Returning to find yet another empty plate my server seemed surprised stating “wow, I guess you weren’t kidding about having an appetite…but did you save room for dessert?” The answer was obvious and – and coffee sounded like a grand idea as well. Presented quickly in a sterling French Press along with the dessert menu the coffee was largely unmemorable, but it remained full and certainly wasn’t subpar. Looking at the dessert menu I was told I could order the Crème Brulee, a single cake from the dessert carte, or a few different slices of cake to try. “How about a little of each” I asked? Wide eyed the response was “of course.”
Waiting approximately 20 minutes while the desserts were plated in the kitchen the restaurant was now bustling – nearly every table full nearing 2:00pm. Enjoying my coffee and its subsequent refills the plates that would arrive yet were unfortunately not from a trolley or carte, but they certainly were beautiful. Arriving with ample description, two plates and easily a pound in weight – all nine of Le Bec Fin’s signature desserts – to the shock of my server I would clean these plates as well.
On the first plate, Gateau Le Bec Fin with Rum-Soaked Chocolate Génoise and Chocolate Butter Cream, Costa Rica with Praline Crunch and Baily’s Cremeux and Coffee Marscarpone Mousse, Seasonal Lemon Tarte, and Wendy with Milk Chocolate Mousse and Vanilla-Bean Crème Brulée on Vanilla- Soaked Chocolate Sponge. Each expertly prepared and none lacking in quality for their respective ingredients I must stand in awe of the Gateau – an absolute masterpiece that melted into boozy puddles of chocolate in the mouth and the Costa Rica – like Tiramisu but more dense, more coffee, and less alcoholic.

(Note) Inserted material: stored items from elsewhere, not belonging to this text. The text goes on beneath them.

// This file tests the command line, from its arguments to the request or the line that refuses them.

use crate::tests::shared::{
    GREATEST, NINE_OF_7, ONE, ONE_OF_2, ONE_OF_3, Row, TWO, TWO_OF_2, expect_rows, expect_same,
    table,
};
use clap::error::ErrorKind;
use ptb_explore::{Form, Marked};
use ptb_options::{
    ItemMistake, ListMistake, ListOption, MarkedAnswers, MisspelledList, Mode, PlainAnswers,
    Request, UsageFault, decide, misspelled_list, parse, refusal_status, wrong_number,
};
use std::alloc::{AllocError, Global};
use std::process::Abort;

// What is said against arguments: by clap, or by the tool where clap takes them.
#[derive(Clone, Copy, Debug, PartialEq, Eq)]
enum Fault {
    ByClap(ErrorKind),
    ByTool(UsageFault),
}

// The request of these arguments; the first of them is the program's name.
fn decided(alloc: Global, arguments: &[&str]) -> Result<Request, Fault> {
    match parse(alloc, arguments) {
        Ok(matches) => decide(alloc, &matches).map_err(Fault::ByTool),
        Err(error) => Err(Fault::ByClap(error.kind())),
    }
}

// What is said against arguments.
fn refusal(alloc: Global, arguments: &[&str]) -> Option<Fault> {
    decided(alloc, arguments).err()
}

// The arguments of a line, with one blank between two of them.
fn arguments_of(alloc: Global, line: &str) -> Result<Vec<&str>, AllocError> {
    let mut arguments = Vec::new(alloc);
    for argument in line.split(' ') {
        arguments.push(argument)?;
    }
    Ok(arguments)
}

// The error for the arguments of a line.
fn line_refusal(alloc: Global, line: &str) -> Option<Fault> {
    match arguments_of(alloc, line) {
        Ok(arguments) => refusal(alloc, &arguments),
        Err(AllocError) => Some(Fault::ByTool(UsageFault::Memory)),
    }
}

// The request that the arguments of a line make, if they make one.
fn requested(alloc: Global, line: &str) -> Option<Request> {
    decided(alloc, &arguments_of(alloc, line).ok()?).ok()
}

// Whether a fault has this status, and one of the tool this line.
fn is_said(alloc: Global, fault: Fault, status: u8, line: &str) -> bool {
    match fault {
        Fault::ByClap(kind) => refusal_status(kind) == status,
        Fault::ByTool(fault) => match fault.to_string(alloc) {
            Ok(text) => text.as_str() == line && fault.status() == status,
            Err(_) => false,
        },
    }
}

// Faults, the status of each, its line if it is one of the tool, and command lines that are refused by
// it.
const REFUSALS: &[(Fault, u8, &str, &[&str])] = &[
    (
        Fault::ByTool(UsageFault::ListWithOther),
        64,
        "ptb: --list stands alone",
        &[
            "ptb --list --choose 2",
            "ptb --list --after 1",
            "ptb --list --all",
            "ptb --answers none --list",
            "ptb --list --first 1",
            "ptb --under 1 --list",
            "ptb --list --seed 1",
            "ptb --list --form 1",
            "ptb --list --shares 2",
            "ptb --sample 3 --list",
            "ptb --list --check",
            "ptb --check --all --list",
            "ptb --list --chances",
            "ptb --chances --check --list",
        ],
    ),
    (
        Fault::ByTool(UsageFault::CheckWithOther),
        64,
        "ptb: --check stands alone",
        &[
            "ptb --check --all",
            "ptb --answers none --check",
            "ptb --check --after 1",
            "ptb --check --first 1",
            "ptb --choose 2 --check",
            "ptb --check --seed 1",
            "ptb --check --form 1",
            "ptb --check --under 1",
            "ptb --check --shares 2",
            "ptb --sample 3 --check",
            "ptb --check --answers x",
            "ptb --check --chances",
            "ptb --chances --all --check",
        ],
    ),
    (
        Fault::ByTool(UsageFault::ChancesWithOther),
        64,
        "ptb: --chances stands alone",
        &[
            "ptb --chances --all",
            "ptb --answers none --chances",
            "ptb --chances --after 1",
            "ptb --chances --first 1",
            "ptb --chances --seed 1",
            "ptb --chances --form 1",
            "ptb --chances --under 1",
            "ptb --chances --shares 2",
            "ptb --sample 3 --chances",
            "ptb --chances --choose 2 --seed 1",
            "ptb --chances --answers x",
        ],
    ),
    (
        Fault::ByTool(UsageFault::UnderWithoutAll),
        64,
        "ptb: --under needs --all",
        &[
            "ptb --under 0",
            "ptb --under 1 --answers x",
            "ptb --under 1 --shares 2",
            "ptb --seed 1 --sample 3 --under 1",
        ],
    ),
    (
        Fault::ByTool(UsageFault::SharesWithoutAll),
        64,
        "ptb: --shares needs --all",
        &[
            "ptb --shares 2",
            "ptb --shares 2 --sample 3",
            "ptb --shares 2 --seed 1 --answers x",
        ],
    ),
    (
        Fault::ByTool(UsageFault::SharesWithOther),
        64,
        "ptb: --shares excludes --after, --first and --under",
        &[
            "ptb --all --shares 2 --after 1",
            "ptb --all --shares 2 --first 1",
            "ptb --all --shares 2 --under x",
            "ptb --all --shares 2 --under 1 --answers x",
            "ptb --all --shares 2 --first 1 --sample 3",
        ],
    ),
    (
        Fault::ByTool(UsageFault::SampleWithoutSeed),
        64,
        "ptb: --sample needs --seed",
        &[
            "ptb --sample 3",
            "ptb --sample 3 --answers x",
            "ptb --all --sample 3 --answers x",
            "ptb --all --shares 2 --sample 3",
        ],
    ),
    (
        Fault::ByTool(UsageFault::FormWithoutAll),
        64,
        "ptb: --form needs --all",
        &[
            "ptb --under 1 --form 1",
            "ptb --form 1",
            "ptb --form 2 --answers x",
            "ptb --form 2 --seed 1 --answers 1",
            "ptb --form 2 --shares 2",
        ],
    ),
    (
        Fault::ByTool(UsageFault::AfterWithoutAll),
        64,
        "ptb: --after needs --all",
        &[
            "ptb --after 0",
            "ptb --after 0 --first 1",
            "ptb --seed 1 --after 0",
        ],
    ),
    (
        Fault::ByTool(UsageFault::FirstWithoutAll),
        64,
        "ptb: --first needs --all",
        &[
            "ptb --first 1",
            "ptb --first 1 --answers x",
            "ptb --form 1 --first 1",
        ],
    ),
    (
        Fault::ByTool(UsageFault::AnswersWithAll),
        64,
        "ptb: --answers excludes --all",
        &[
            "ptb --all --answers none",
            "ptb --all --answers x",
            "ptb --seed 1 --all --answers x",
            "ptb --all --shares 2 --answers none",
        ],
    ),
    (
        Fault::ByTool(UsageFault::SeedWithAll),
        64,
        "ptb: --seed excludes --all",
        &[
            "ptb --seed 1 --all",
            "ptb --all --seed 1 --after x",
            "ptb --all --shares 2 --seed 1",
            "ptb --all --seed 1 --sample 3",
        ],
    ),
    (
        Fault::ByTool(UsageFault::SeedWithAnswers),
        64,
        "ptb: --seed excludes --answers",
        &[
            "ptb --seed 1 --answers none",
            "ptb --answers x --seed 1",
            "ptb --answers x --seed 1 --sample 3",
        ],
    ),
    (
        Fault::ByTool(UsageFault::BadList),
        64,
        "ptb: bad list",
        &[
            "ptb --all --after 2,1/",
            "ptb --answers=1/1",
            "ptb --answers=2,1/3",
            "ptb --answers=2/2,1/3",
            // an empty argument
            "ptb --answers ",
        ],
    ),
    (
        Fault::ByTool(UsageFault::Memory),
        71,
        "ptb: out of memory",
        &[],
    ),
    (
        Fault::ByClap(ErrorKind::ValueValidation),
        64,
        "",
        &[
            "ptb --steps 0",
            "ptb --steps 1000000001",
            "ptb --steps 1,000",
            "ptb --memory 63",
            "ptb --memory 32768",
            "ptb --choose 0",
            "ptb --choose 32768",
            "ptb --choose none",
            "ptb --first 0 --all",
            "ptb --first 1000000001 --all",
            "ptb --seed 4294967296",
            "ptb --seed=-1",
            "ptb --seed x",
            "ptb --form 0 --all",
            "ptb --form 3 --all",
            "ptb --form two --all",
            "ptb --shares 0 --all",
            "ptb --shares 65 --all",
            "ptb --sample 0 --seed 1",
            "ptb --sample 1000000001 --seed 1",
            "ptb --first 0 --version",
        ],
    ),
    (
        Fault::ByClap(ErrorKind::InvalidValue),
        64,
        "",
        &["ptb --steps", "ptb --seed"],
    ),
    (
        Fault::ByClap(ErrorKind::UnknownArgument),
        64,
        "",
        &["ptb --stops 1", "ptb one.bas two.bas"],
    ),
    (
        Fault::ByClap(ErrorKind::ArgumentConflict),
        64,
        "",
        &["ptb --all --all"],
    ),
    (
        Fault::ByClap(ErrorKind::DisplayHelp),
        0,
        "",
        &["ptb --help", "ptb -h", "ptb --help --version"],
    ),
    (
        Fault::ByClap(ErrorKind::DisplayVersion),
        0,
        "",
        &[
            "ptb --version",
            "ptb -V",
            "ptb --version --help",
            "ptb --version --first 0",
            "ptb --version --version",
        ],
    ),
    (
        Fault::ByClap(ErrorKind::TooManyValues),
        64,
        "",
        &["ptb --version=1"],
    ),
    (Fault::ByClap(ErrorKind::OutOfMemory), 71, "", &[]),
];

The second plate would feature five options, the Mathilde with Soft Vanilla Macaroon and Lime Mousse with Raspberry Gelée , The St. Nizier Flourless Chocolate Cake, Mahogany of Coconut Dacquoise and Caramel Mousse with Mango Lychee Gelee, a Frozen Grand Marnier “Soufflé” with Candied Orange Peel, and Pecan-Sour Cream Coffee Cake with Cinnamon Streusel. While I’d have personally plated differently and placed the St. Nizier on the other plate with the lemon tarte here, the highlight of this plate was definitely the Mahogany with its airy cake, caramel filling, and lovely sour Gelee.
Clearing my plates the server asked me if there was anything else I’d like and jokingly I said “how about some cheese” which brought about much laughter – I have to admit I was quite full. With the bill presented I settled the tab and requested a copy of the menu that was presented without hesitation. Bid farewell by my server and with my bag already waiting at the door I stopped by Le Bar Lyonnais to see the Lautrec before making my way to the street.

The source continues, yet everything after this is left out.